Mitigation and Patching

The primary fix is to upgrade Uptime Kuma to 2.0.0-beta.4 or later. That release changes proxy header handling so that individual IP entries are parsed and validated correctly instead of applying a string-suffix check to the whole header. If you are running any version before 2.0.0-beta.4, remediation should be scheduled immediately.

If immediate upgrade is not possible, the documented workaround is to strip untrusted X-Forwarded-* headers at the front-end reverse proxy and overwrite them with sanitized values. That means the proxy must discard whatever the client sends for X-Forwarded-For, X-Forwarded-Host, and X-Forwarded-Proto, then set fresh values based on the proxy’s own trusted view of the connection. This does not replace patching, but it reduces exposure by restoring a clean trust boundary.

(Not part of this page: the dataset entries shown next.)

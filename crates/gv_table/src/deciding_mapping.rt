//! The mapping of a list that decides what a slot holds.
ghost use Rattle.std.specs.Prelude.{◌≡◌, ◌≤◌, ◌<◌, ◌+◌, IsTrue, MatchOption, None, Some, length};
ghost use Rattle.gv_types.specs.Page.{PAGES};
ghost use Rattle.gv_types.specs.PageRange.{meets, end_of};
ghost use Rattle.gv_ranges.specs.List.{IsLaidOut, AreEnded, IsIndexOfPage};
ghost use Rattle.gv_table.specs.Levels.{top_level, slot_pages, first_within};
ghost use Rattle.gv_table.specs.Reads.{IsReadBy, EndsBefore, IsNeighbour};

use crate::levels::pages_of;
use crate::slot_position::{Excerpt, SlotPosition};
use crate::unnamed_list::UnnamedList;
use gv_types::Mapping;

/// The position of the first mapping that ends past the page, given a position that is not behind it. It looks at the mappings
/// from there on, one after another.
pub fn advance(mappings: &UnnamedList<'_>, position: usize, page: u64) -> usize
    requires laid_out { IsLaidOut mappings.now }
    requires ended { AreEnded mappings.now page position }
    ensures { IsIndexOfPage mappings.now page result }
{
    let mut position = position;
    while position < mappings.len() && mappings.get(position).range.end() <= page {
        position += 1;
    }
    position
}

/// The mapping before the position, where it reaches into a slot that begins before the range.
#[inline(always)]
fn neighbour(excerpt: &Excerpt<'_, '_>, first: u64) -> Option<Mapping>
    requires { excerpt.now.position ≤ length excerpt.now.mappings.now }
    ensures { MatchOption result (EndsBefore excerpt.now.mappings.now excerpt.now.range excerpt.now.position first)
        (λ m. IsNeighbour excerpt.now.mappings.now excerpt.now.range excerpt.now.position first m) }
{
    if excerpt.position == 0 || excerpt.range.first() <= first {
        return None;
    }
    let m = excerpt.mappings.get(excerpt.position - 1);
    if m.range.end() <= first {
        return None;
    }
    Some(m)
}

/// A mapping that meets the pages of a slot which meets the range, if one does: it decides what the list says of them.
/// The position is that of the first mapping which ends past the slot's first page in the range.
#[inline(always)]
pub fn met_by(excerpt: &Excerpt<'_, '_>, slot_at: SlotPosition) -> Option<Mapping>
    requires known { slot_at.level ≤ top_level }
    requires in_space { end_of (slot_pages slot_at.level slot_at.first) ≤ PAGES }
    requires laid_out { IsLaidOut excerpt.now.mappings.now }
    requires position { IsIndexOfPage excerpt.now.mappings.now (first_within excerpt.now.range slot_at.first)
        excerpt.now.position }
    requires met { IsTrue (meets (slot_pages slot_at.level slot_at.first) excerpt.now.range) }
    ensures { MatchOption result (IsReadBy excerpt.now.mappings.now (slot_pages slot_at.level slot_at.first) None)
        (λ m. IsReadBy excerpt.now.mappings.now (slot_pages slot_at.level slot_at.first) (Some m)) }
{
    if let Some(m) = neighbour(excerpt, slot_at.first) {
        return Some(m);
    }
    if excerpt.position == excerpt.mappings.len() {
        return None;
    }
    let m = excerpt.mappings.get(excerpt.position);
    if slot_at.first + pages_of(slot_at.level) <= m.range.first() {
        return None;
    }
    Some(m)
}
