//! The ids that stand for the indexes of buffers.
ghost use Rattle.std.specs.Prelude.{◌≡◌, ◌+◌, ◌<◌, ◌≤◌, ℕ, Some, length, max, slice_get, OnOk, OnErr};
ghost use Rattle.gv_types.specs.declared.mapping.BufferId.{BufferId};
ghost use Rattle.gv_table.specs.BufferNames.{most_names, AreNames};
ghost use Rattle.gv_table.specs.Named.{named_id, named_entry};

use gv_types::{Backing, BufferId, Entry, OutOfMemory};

/// The id that stands for a buffer's index; the same one where the index has no name.
fn named_id(names: &[BufferId], id: BufferId) -> BufferId
    ensures { result ≡ named_id names.now id }
{
    match names.get(id.index as usize) {
        Some(named) => *named,
        None => id,
    }
}

/// An entry with its buffer's id instead of the index alone.
#[inline(always)]
pub fn named(names: &[BufferId], entry: &Entry) -> Entry
    ensures { result ≡ named_entry names.now entry.now }
{
    let backing = match entry.backing {
        Backing::Buffer { id, page } => Backing::Buffer {
            id: named_id(names, id),
            page,
        },
        Backing::Zero => Backing::Zero,
    };
    Entry {
        backing,
        flags: entry.flags,
    }
}

/// Gives each index up to this one a name, which stands for no buffer yet where it had none.
pub fn extend_names(names: &mut Vec<BufferId>, index: u32) -> Result<(), OutOfMemory>
    requires { index < most_names }
    ensures names { AreNames names.old.items → AreNames names.new.items }
    ensures ok { OnOk result (index < length names.new.items) }
    ensures same { (k : ℕ) (id : BufferId) → slice_get names.old.items k ≡ Some id → slice_get names.new.items k ≡ Some id }
    ensures unchanged { OnErr result (names.new.items ≡ names.old.items) }
    ensures needed { OnErr result (length names.old.items ≤ index) }
    ensures length { OnOk result (length names.new.items ≡ max (length names.old.items) (index + 1)) }
{
    let count = names.len();
    let end = index as usize + 1;
    names.reserve(end.saturating_sub(count))?;
    for next in count..end {
        names.push_reserved(BufferId::new(next as u32, 0));
    }
    Ok(())
}
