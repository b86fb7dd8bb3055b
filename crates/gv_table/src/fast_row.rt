//! The fast path of a paint, where the range is whole slots of one table: none of them is a table, and none is to be one. Pieces tell
//! what the list is to say of the range. No list is read.
ghost use Rattle.std.specs.Prelude.{◌≡◌, ◌+◌, ◌*◌, ◌<◌, ◌≤◌, ℕ, false, IsTrue, IfSome, MatchOption, slice_index_or};
ghost use Rattle.gv_types.specs.Page.{PAGES};
ghost use Rattle.gv_types.specs.PageRange.{span, meets, covers};
ghost use Rattle.gv_types.specs.Mapping.{part, IsMapping};
ghost use Rattle.gv_ranges.specs.List.{IsLaidOut, AreEnded};
ghost use Rattle.gv_table.specs.declared.slot.Slot.TheVariants.{Empty};
ghost use Rattle.gv_table.specs.Leaves.{AreWhole, IsLeafOf};
ghost use Rattle.gv_table.specs.Levels.{root_level, slots_per_table, pages_of, slot_pages, IsInPart};
ghost use Rattle.gv_table.specs.BufferNames.{AreEncodable, IsEncodable};
ghost use Rattle.gv_table.specs.Tree.{IsTreeOf, is_table, leaf};

use crate::alike::{Alike, alike_from};
use crate::deciding_mapping::advance;
use crate::levels::{SLOTS, pages_of, part_around, slots_met};
use crate::slot::{Slot, overwrite};
use crate::slot_position::{Excerpt, SlotPosition};
use gv_types::{Mapping, PageRange};
use std::ops::Range;

/// Which slot of a row the whole range lies in, if it lies in one that is a table.
#[inline(always)]
pub fn table_around(slots: &[Slot; SLOTS], slot_at: SlotPosition, range: PageRange) -> Option<usize>
    requires known { slot_at.level ≤ root_level }
    requires in_space { slot_at.first + slots_per_table * pages_of slot_at.level ≤ PAGES }
    requires met { IsTrue (meets (span slot_at.first (slots_per_table * pages_of slot_at.level)) range) }
    ensures part { IfSome result (λ index. IsInPart range (slot_at.level + 1) slot_at.first index) }
    ensures met { IfSome result (λ index.
        IsTrue (meets (slot_pages slot_at.level (slot_at.first + index * pages_of slot_at.level)) range)) }
{
    let index = part_around(slot_at.level + 1, slot_at.first, range)?;
    if !slots[index].is_table() {
        return None;
    }
    Some(index)
}

/// Gives the slots of a row that meet the range what the pieces say of them, where each lies whole in it, none is a table, and none is
/// to be one: whether it did, and if not, nothing changed.
#[inline(never)]
pub fn try_paint_leaves(
    slots: &mut [Slot; SLOTS],
    slot_at: SlotPosition,
    excerpt: &Excerpt<'_, '_>,
) -> bool
    requires some { 0 < slot_at.level }
    requires known { slot_at.level ≤ root_level }
    requires in_space { slot_at.first + slots_per_table * pages_of slot_at.level ≤ PAGES }
    requires laid_out { IsLaidOut excerpt.now.mappings.now }
    requires encoded { AreEncodable excerpt.now.mappings.now }
    requires position { AreEnded excerpt.now.mappings.now excerpt.now.range.first excerpt.now.position }
    requires met { IsTrue (meets (span slot_at.first (slots_per_table * pages_of slot_at.level)) excerpt.now.range) }
    ensures not { result ≡ false → slots.new ≡ slots.old }
    ensures inside { IsTrue result → (k : ℕ) → k < slots_per_table
        → IsTrue (meets (slot_pages slot_at.level (slot_at.first + k * pages_of slot_at.level)) excerpt.now.range)
        → IsLeafOf excerpt.now.mappings.now excerpt.now.range slot_at.level (slot_at.first + k * pages_of slot_at.level)
        (slice_index_or slots.old k Empty) (slice_index_or slots.new k Empty) }
    ensures outside { (k : ℕ) → k < slots_per_table
        → meets (slot_pages slot_at.level (slot_at.first + k * pages_of slot_at.level)) excerpt.now.range ≡ false
        → slice_index_or slots.new k Empty ≡ slice_index_or slots.old k Empty }
{
    let (low, high) = slots_met(slot_at.level, slot_at.first, excerpt.range);
    if holds_table(slots, low, high) {
        return false;
    }
    if !are_whole(slot_at, excerpt, low, high) {
        return false;
    }
    put_leaves(slots, slot_at, excerpt, low..high);
    true
}

/// Whether one of the slots from `low` up to `high` is a table.
fn holds_table(slots: &[Slot; SLOTS], low: usize, high: usize) -> bool
    requires ordered { low ≤ high }
    requires within { high ≤ slots_per_table }
    ensures { result ≡ false → (k : ℕ) → low ≤ k → k < high → is_table (slice_index_or slots.now k Empty) ≡ false }
{
    for index in low..high {
        if slots[index].is_table() {
            return true;
        }
    }
    false
}

/// Whether each of the slots from `low` up to `high` lies whole in the range, and is to be no table.
fn are_whole(slot_at: SlotPosition, excerpt: &Excerpt<'_, '_>, low: usize, high: usize) -> bool
    requires known { slot_at.level ≤ root_level }
    requires in_space { slot_at.first + slots_per_table * pages_of slot_at.level ≤ PAGES }
    requires laid_out { IsLaidOut excerpt.now.mappings.now }
    requires position { AreEnded excerpt.now.mappings.now excerpt.now.range.first excerpt.now.position }
    requires within { high ≤ slots_per_table }
    ensures { IsTrue result
        → AreWhole excerpt.now.mappings.now excerpt.now.range slot_at.level slot_at.first low high }
{
    let SlotPosition { level, first } = slot_at;
    let Excerpt {
        mappings,
        range,
        mut position,
    } = *excerpt;
    let pages = pages_of(level);
    let mut index = low;
    while index < high {
        let start = first + index as u64 * pages;
        position = advance(mappings, position, start.max(range.first()));
        let part = SlotPosition {
            level,
            first: start,
        };
        let excerpt = Excerpt {
            mappings,
            range,
            position,
        };
        let Alike { count, .. } = alike_from(&excerpt, part);
        if count == 0 {
            return false;
        }
        index += count.min((high - index) as u64) as usize;
    }
    true
}

/// Gives the slots of a run what the pieces say of them.
fn put_leaves(
    slots: &mut [Slot; SLOTS],
    slot_at: SlotPosition,
    excerpt: &Excerpt<'_, '_>,
    run: Range<usize>,
)
    requires known { slot_at.level ≤ root_level }
    requires in_space { slot_at.first + slots_per_table * pages_of slot_at.level ≤ PAGES }
    requires laid_out { IsLaidOut excerpt.now.mappings.now }
    requires encoded { AreEncodable excerpt.now.mappings.now }
    requires position { AreEnded excerpt.now.mappings.now excerpt.now.range.first excerpt.now.position }
    requires ordered { run.start ≤ run.end }
    requires within { run.end ≤ slots_per_table }
    requires whole { AreWhole excerpt.now.mappings.now excerpt.now.range slot_at.level slot_at.first run.start run.end }
    ensures painted { (k : ℕ) → run.start ≤ k → k < run.end → IsTreeOf excerpt.now.mappings.now slot_at.level
        (slot_at.first + k * pages_of slot_at.level) (slice_index_or slots.new k Empty) }
    ensures before { (k : ℕ) → k < run.start
        → slice_index_or slots.new k Empty ≡ slice_index_or slots.old k Empty }
    ensures behind { (k : ℕ) → run.end ≤ k
        → slice_index_or slots.new k Empty ≡ slice_index_or slots.old k Empty }
{
    let SlotPosition { level, first } = slot_at;
    let Excerpt {
        mappings,
        range,
        mut position,
    } = *excerpt;
    let Range {
        start: low,
        end: high,
    } = run;
    let pages = pages_of(level);
    let mut index = low;
    while index < high {
        let start = first + index as u64 * pages;
        position = advance(mappings, position, start.max(range.first()));
        let part = SlotPosition {
            level,
            first: start,
        };
        let excerpt = Excerpt {
            mappings,
            range,
            position,
        };
        let Alike { count, held } = alike_from(&excerpt, part);
        let alike = count.min((high - index) as u64) as usize;
        fill_leaves(slots, slot_at, index..index + alike, held.as_ref());
        index += alike;
    }
}

/// Gives the slots of a run what the mapping says that holds each of them whole, or empties them where there is none.
fn fill_leaves(
    slots: &mut [Slot; SLOTS],
    slot_at: SlotPosition,
    run: Range<usize>,
    held: Option<&Mapping>,
)
    requires known { slot_at.level ≤ root_level }
    requires in_space { slot_at.first + slots_per_table * pages_of slot_at.level ≤ PAGES }
    requires ordered { run.start ≤ run.end }
    requires within { run.end ≤ slots_per_table }
    requires mapping { IfSome held (λ m. IsMapping m.now) }
    requires covered { (k : ℕ) → run.start ≤ k → k < run.end
        → IfSome held (λ m. IsTrue (covers m.now.range (slot_at.first + k * pages_of slot_at.level))) }
    requires encoded { (k : ℕ) → run.start ≤ k → k < run.end
        → IfSome held (λ m. IsEncodable (part m.now (slot_at.first + k * pages_of slot_at.level)).backing 1) }
    ensures filled { (k : ℕ) → run.start ≤ k → k < run.end → MatchOption held.entry
        (slice_index_or slots.new k Empty ≡ Empty)
        (λ m. slice_index_or slots.new k Empty ≡ leaf (part m.now (slot_at.first + k * pages_of slot_at.level))) }
    ensures before { (k : ℕ) → k < run.start
        → slice_index_or slots.new k Empty ≡ slice_index_or slots.old k Empty }
    ensures behind { (k : ℕ) → run.end ≤ k
        → slice_index_or slots.new k Empty ≡ slice_index_or slots.old k Empty }
{
    let SlotPosition { level, first } = slot_at;
    let Range {
        start: low,
        end: high,
    } = run;
    let pages = pages_of(level);
    for index in low..high {
        let new = leaf_of(held, first + index as u64 * pages);
        overwrite(&mut slots[index], new);
    }
}

/// The leaf of a mapping's part that begins at a page, or an empty slot.
#[inline(always)]
fn leaf_of(held: Option<&Mapping>, page: u64) -> Slot
    requires mapping { IfSome held (λ m. IsMapping m.now) }
    requires covered { IfSome held (λ m. IsTrue (covers m.now.range page)) }
    requires encoded { IfSome held (λ m. IsEncodable (part m.now page).backing 1) }
    ensures { MatchOption held.entry (result ≡ Empty) (λ m. result ≡ leaf (part m.now page)) }
{
    match held {
        Some(m) => Slot::leaf(m.part(page)),
        None => Slot::Empty,
    }
}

You should also review whether any Uptime Kuma or surrounding-stack logic uses client IP for access control, localhost trust, admin gating, or feature enablement. If it does, remove or harden that dependence where possible. IP-based trust is especially fragile in multi-proxy and cloud ingress environments unless every hop is explicitly controlled and validated.

Finally, validate the fix operationally. After upgrading, send a test request with a forged X-Forwarded-For header through the edge and confirm that either the header is sanitized by the proxy or the application no longer accepts a spoofed trusted origin. Patch management is not complete until the behavior is verified.

Technical Notes

Example Docker upgrade workflow for Uptime Kuma:

docker pull louislam/uptime-kuma:2.0.0-beta.4
docker stop uptime-kuma
docker rm uptime-kuma
docker run -d \
  --name uptime-kuma \
  -p 3001:3001 \
  -v uptime-kuma:/app/data \
  --restart=always \
  louislam/uptime-kuma:2.0.0-beta.4

If you use Docker Compose, update the image tag and redeploy:

services:
  uptime-kuma:
    image: louislam/uptime-kuma:2.0.0-beta.4
    ports:
      - "3001:3001"
    volumes:
      - uptime-kuma:/app/data
    restart: always
docker compose pull
docker compose up -d

Example Nginx hardening to discard client-supplied forwarding headers and set sanitized values:

location / {
    proxy_set_header X-Forwarded-For $remote_addr;
    proxy_set_header X-Real-IP $remote_addr;
    proxy_set_header X-Forwarded-Proto $scheme;
    proxy_set_header X-Forwarded-Host $host;
    proxy_pass http://uptime_kuma;
}

Example HAProxy approach to overwrite forwarded client data:

http-request del-header X-Forwarded-For
http-request set-header X-Forwarded-For %[src]
http-request set-header X-Forwarded-Proto https if { ssl_fc }

If your exact package manager or deployment method is unknown, do not improvise a risky upgrade in production. Instead, determine whether you are using Docker, Compose, a Helm chart, or a source-based deployment, then map the installed version to 2.0.0-beta.4 or later before making changes.

References

The two primary references published for this CVE are the GitHub Security Advisory and the fix commit, both of which align on the product, affected versions, and remediation guidance. These should be your source of truth when validating that your deployment is patched and when reviewing what changed in the trust handling logic.

Additional context from the NVD record confirms the CVSS 10.0 rating, the CWE-345 classification, and the specific impact wording around client IP spoofing and possible RCE in certain server configurations. Since details beyond these references may evolve after publication, defenders should monitor the project’s release notes and advisory updates for any revised guidance or additional hardening recommendations.